» **THE TASK**
For each line in the data below that holds "else", return a copy.

» **DATA SECTION**
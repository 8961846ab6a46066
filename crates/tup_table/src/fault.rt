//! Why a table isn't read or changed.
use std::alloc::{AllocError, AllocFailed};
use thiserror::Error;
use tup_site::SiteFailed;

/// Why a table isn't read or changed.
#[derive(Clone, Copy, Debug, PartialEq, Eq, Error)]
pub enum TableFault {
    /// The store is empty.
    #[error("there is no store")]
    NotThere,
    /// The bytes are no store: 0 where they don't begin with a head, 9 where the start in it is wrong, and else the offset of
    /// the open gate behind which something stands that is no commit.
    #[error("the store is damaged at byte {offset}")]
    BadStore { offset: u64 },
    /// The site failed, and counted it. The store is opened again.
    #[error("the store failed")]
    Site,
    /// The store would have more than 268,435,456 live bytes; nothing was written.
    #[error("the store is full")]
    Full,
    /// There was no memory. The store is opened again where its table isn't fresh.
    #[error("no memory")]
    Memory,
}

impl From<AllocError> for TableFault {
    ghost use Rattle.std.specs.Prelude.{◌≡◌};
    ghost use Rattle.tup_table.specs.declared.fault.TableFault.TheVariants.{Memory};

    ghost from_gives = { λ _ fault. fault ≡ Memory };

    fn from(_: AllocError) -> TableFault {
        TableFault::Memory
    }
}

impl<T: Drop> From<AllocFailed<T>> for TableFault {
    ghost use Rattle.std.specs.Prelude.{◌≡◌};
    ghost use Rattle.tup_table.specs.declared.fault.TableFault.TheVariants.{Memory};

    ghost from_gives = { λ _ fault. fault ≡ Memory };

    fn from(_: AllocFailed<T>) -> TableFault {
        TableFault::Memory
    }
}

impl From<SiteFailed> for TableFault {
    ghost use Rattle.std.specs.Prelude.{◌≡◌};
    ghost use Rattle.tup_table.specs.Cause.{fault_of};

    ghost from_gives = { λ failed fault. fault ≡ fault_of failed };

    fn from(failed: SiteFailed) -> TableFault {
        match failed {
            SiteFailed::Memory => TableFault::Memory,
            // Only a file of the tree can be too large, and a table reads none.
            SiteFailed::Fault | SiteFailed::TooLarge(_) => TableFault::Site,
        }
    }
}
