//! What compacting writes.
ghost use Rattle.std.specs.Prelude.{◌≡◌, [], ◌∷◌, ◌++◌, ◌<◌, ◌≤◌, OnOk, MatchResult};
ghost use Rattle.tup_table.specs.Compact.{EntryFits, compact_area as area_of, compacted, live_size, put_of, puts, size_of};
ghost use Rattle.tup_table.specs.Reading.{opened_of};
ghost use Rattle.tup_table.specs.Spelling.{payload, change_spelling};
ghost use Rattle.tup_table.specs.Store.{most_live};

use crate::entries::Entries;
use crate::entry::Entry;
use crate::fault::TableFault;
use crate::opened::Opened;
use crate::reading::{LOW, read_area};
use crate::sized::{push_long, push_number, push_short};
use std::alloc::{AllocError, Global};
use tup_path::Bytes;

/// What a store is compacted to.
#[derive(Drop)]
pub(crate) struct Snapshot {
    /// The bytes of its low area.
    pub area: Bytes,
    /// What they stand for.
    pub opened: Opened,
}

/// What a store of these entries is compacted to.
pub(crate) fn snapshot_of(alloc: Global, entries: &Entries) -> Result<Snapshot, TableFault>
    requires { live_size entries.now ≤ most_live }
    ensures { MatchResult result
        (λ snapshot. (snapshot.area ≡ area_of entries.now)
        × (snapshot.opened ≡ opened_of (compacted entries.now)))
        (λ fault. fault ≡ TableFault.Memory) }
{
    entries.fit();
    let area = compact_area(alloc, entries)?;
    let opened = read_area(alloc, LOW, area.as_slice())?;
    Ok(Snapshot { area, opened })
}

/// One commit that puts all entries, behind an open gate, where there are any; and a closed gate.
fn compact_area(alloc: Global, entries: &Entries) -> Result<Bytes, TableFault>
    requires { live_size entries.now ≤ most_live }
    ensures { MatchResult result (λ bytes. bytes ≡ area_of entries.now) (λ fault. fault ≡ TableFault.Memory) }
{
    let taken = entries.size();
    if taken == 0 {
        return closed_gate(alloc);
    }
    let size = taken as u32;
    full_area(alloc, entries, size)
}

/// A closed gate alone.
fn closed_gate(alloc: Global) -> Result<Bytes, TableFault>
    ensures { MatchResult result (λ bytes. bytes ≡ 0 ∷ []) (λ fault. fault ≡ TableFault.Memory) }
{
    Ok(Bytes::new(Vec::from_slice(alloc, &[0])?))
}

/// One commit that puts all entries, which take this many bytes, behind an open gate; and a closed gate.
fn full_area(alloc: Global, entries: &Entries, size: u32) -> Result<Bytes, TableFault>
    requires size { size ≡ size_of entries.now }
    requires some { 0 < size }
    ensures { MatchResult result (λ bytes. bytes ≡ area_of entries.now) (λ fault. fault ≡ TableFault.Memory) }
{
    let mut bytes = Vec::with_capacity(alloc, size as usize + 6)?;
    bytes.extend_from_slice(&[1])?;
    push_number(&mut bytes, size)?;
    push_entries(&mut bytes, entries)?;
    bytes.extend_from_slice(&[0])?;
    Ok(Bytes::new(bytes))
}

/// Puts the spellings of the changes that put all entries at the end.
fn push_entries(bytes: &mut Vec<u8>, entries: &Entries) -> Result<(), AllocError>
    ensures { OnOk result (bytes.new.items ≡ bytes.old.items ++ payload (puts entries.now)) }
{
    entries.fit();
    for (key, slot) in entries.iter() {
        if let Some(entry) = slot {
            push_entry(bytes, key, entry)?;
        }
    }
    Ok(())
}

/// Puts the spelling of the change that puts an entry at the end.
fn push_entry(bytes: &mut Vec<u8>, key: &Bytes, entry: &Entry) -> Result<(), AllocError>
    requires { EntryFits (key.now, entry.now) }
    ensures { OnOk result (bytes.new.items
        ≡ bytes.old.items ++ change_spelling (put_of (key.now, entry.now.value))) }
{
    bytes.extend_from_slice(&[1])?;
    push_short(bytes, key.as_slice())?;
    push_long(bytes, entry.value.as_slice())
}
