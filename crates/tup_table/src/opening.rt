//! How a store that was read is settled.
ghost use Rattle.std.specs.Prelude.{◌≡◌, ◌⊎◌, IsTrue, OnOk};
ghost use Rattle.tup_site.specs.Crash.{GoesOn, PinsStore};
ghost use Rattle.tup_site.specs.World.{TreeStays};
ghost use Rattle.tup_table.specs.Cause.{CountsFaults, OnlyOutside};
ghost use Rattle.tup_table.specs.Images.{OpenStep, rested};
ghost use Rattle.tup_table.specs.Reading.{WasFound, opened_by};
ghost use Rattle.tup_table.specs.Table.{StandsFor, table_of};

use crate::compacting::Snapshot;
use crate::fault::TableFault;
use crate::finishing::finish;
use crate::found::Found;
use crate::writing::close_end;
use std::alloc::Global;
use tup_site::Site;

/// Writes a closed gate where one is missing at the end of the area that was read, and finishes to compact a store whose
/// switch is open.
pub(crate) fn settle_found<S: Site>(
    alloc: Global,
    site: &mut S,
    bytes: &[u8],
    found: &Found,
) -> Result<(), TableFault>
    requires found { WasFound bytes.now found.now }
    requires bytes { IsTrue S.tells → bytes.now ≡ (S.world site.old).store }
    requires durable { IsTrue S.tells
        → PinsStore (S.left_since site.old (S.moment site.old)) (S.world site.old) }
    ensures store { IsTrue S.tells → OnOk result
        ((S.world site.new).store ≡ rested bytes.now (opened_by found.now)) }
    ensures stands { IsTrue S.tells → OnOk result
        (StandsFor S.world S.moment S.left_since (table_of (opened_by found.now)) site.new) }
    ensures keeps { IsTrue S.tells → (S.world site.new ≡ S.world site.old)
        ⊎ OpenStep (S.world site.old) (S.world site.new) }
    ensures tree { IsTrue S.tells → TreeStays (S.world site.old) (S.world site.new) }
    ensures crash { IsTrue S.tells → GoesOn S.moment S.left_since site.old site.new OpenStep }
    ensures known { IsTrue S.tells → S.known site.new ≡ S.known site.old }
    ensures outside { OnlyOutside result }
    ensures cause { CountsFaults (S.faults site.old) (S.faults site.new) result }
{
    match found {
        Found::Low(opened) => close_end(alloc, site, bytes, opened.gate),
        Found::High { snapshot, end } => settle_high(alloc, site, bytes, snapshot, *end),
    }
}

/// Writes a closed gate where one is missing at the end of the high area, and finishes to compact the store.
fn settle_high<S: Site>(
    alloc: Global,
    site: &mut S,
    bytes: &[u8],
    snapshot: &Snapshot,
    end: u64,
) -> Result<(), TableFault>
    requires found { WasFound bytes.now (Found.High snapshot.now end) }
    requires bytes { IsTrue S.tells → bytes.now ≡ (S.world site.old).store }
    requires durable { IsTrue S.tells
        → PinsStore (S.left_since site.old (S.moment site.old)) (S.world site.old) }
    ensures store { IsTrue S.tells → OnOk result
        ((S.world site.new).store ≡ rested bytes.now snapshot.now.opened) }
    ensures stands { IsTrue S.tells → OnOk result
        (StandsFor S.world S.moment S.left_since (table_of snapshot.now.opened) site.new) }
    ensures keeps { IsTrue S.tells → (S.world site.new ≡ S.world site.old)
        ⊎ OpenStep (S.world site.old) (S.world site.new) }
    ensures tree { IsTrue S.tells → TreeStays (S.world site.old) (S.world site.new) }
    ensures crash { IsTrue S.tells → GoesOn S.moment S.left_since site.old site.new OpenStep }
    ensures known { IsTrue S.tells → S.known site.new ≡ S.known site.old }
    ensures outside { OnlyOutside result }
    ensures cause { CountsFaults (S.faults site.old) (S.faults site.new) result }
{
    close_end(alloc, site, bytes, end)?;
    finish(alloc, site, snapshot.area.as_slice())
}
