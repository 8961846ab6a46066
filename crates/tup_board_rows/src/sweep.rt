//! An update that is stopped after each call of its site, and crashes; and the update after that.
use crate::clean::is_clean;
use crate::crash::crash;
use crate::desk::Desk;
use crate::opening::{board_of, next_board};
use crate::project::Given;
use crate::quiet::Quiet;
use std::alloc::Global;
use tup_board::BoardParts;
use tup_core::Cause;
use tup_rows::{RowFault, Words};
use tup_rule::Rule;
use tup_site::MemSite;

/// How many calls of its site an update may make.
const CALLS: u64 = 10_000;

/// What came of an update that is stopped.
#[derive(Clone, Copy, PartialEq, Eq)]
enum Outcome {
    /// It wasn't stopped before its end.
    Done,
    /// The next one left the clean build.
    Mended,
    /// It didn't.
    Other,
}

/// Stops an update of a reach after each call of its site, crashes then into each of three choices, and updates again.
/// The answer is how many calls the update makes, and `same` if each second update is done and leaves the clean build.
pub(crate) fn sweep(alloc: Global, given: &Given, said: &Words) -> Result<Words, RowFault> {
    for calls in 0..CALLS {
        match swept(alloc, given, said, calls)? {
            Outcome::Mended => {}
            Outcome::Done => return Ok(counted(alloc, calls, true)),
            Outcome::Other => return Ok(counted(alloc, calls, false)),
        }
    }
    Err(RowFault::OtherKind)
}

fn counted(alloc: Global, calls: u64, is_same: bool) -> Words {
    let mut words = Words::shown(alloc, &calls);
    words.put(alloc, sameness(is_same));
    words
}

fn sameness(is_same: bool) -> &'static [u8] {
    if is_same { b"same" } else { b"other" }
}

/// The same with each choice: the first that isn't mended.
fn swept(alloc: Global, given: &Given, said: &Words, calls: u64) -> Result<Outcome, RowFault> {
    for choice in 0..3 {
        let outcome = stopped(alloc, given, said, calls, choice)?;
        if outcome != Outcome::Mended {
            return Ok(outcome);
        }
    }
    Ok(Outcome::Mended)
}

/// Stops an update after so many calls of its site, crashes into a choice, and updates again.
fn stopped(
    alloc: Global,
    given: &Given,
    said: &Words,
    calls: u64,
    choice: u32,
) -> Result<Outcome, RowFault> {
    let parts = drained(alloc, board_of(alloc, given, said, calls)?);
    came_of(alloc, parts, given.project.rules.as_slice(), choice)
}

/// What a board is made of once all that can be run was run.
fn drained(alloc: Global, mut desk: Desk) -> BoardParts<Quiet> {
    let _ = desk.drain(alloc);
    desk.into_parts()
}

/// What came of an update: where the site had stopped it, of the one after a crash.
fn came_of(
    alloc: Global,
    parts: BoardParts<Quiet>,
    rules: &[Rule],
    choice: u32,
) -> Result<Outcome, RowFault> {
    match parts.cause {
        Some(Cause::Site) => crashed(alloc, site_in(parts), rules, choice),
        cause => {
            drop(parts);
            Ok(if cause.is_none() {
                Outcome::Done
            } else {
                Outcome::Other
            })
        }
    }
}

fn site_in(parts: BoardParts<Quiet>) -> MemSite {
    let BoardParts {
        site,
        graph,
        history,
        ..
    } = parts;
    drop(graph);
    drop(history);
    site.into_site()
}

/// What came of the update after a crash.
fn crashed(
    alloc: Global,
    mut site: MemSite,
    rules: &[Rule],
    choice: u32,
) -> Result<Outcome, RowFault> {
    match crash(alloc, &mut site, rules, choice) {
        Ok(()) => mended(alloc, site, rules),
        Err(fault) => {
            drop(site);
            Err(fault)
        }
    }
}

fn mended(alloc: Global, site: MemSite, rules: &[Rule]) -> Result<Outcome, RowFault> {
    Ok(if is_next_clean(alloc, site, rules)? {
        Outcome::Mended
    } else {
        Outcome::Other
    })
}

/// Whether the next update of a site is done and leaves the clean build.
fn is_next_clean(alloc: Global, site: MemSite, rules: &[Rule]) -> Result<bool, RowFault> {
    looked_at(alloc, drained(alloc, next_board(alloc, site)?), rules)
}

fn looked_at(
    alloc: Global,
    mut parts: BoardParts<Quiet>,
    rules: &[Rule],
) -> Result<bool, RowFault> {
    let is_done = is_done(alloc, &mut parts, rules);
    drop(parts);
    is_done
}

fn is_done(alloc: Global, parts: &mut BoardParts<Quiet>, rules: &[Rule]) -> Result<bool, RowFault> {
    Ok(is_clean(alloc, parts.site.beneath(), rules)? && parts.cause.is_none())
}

» **OUTPUT OF THE TASK**
    /// The bytes are no store: 0 where they don't begin with a head, 9 where the start in it is wrong, and else the offset of
    if is_same { b"same" } else { b"other" }
            } else {
    } else {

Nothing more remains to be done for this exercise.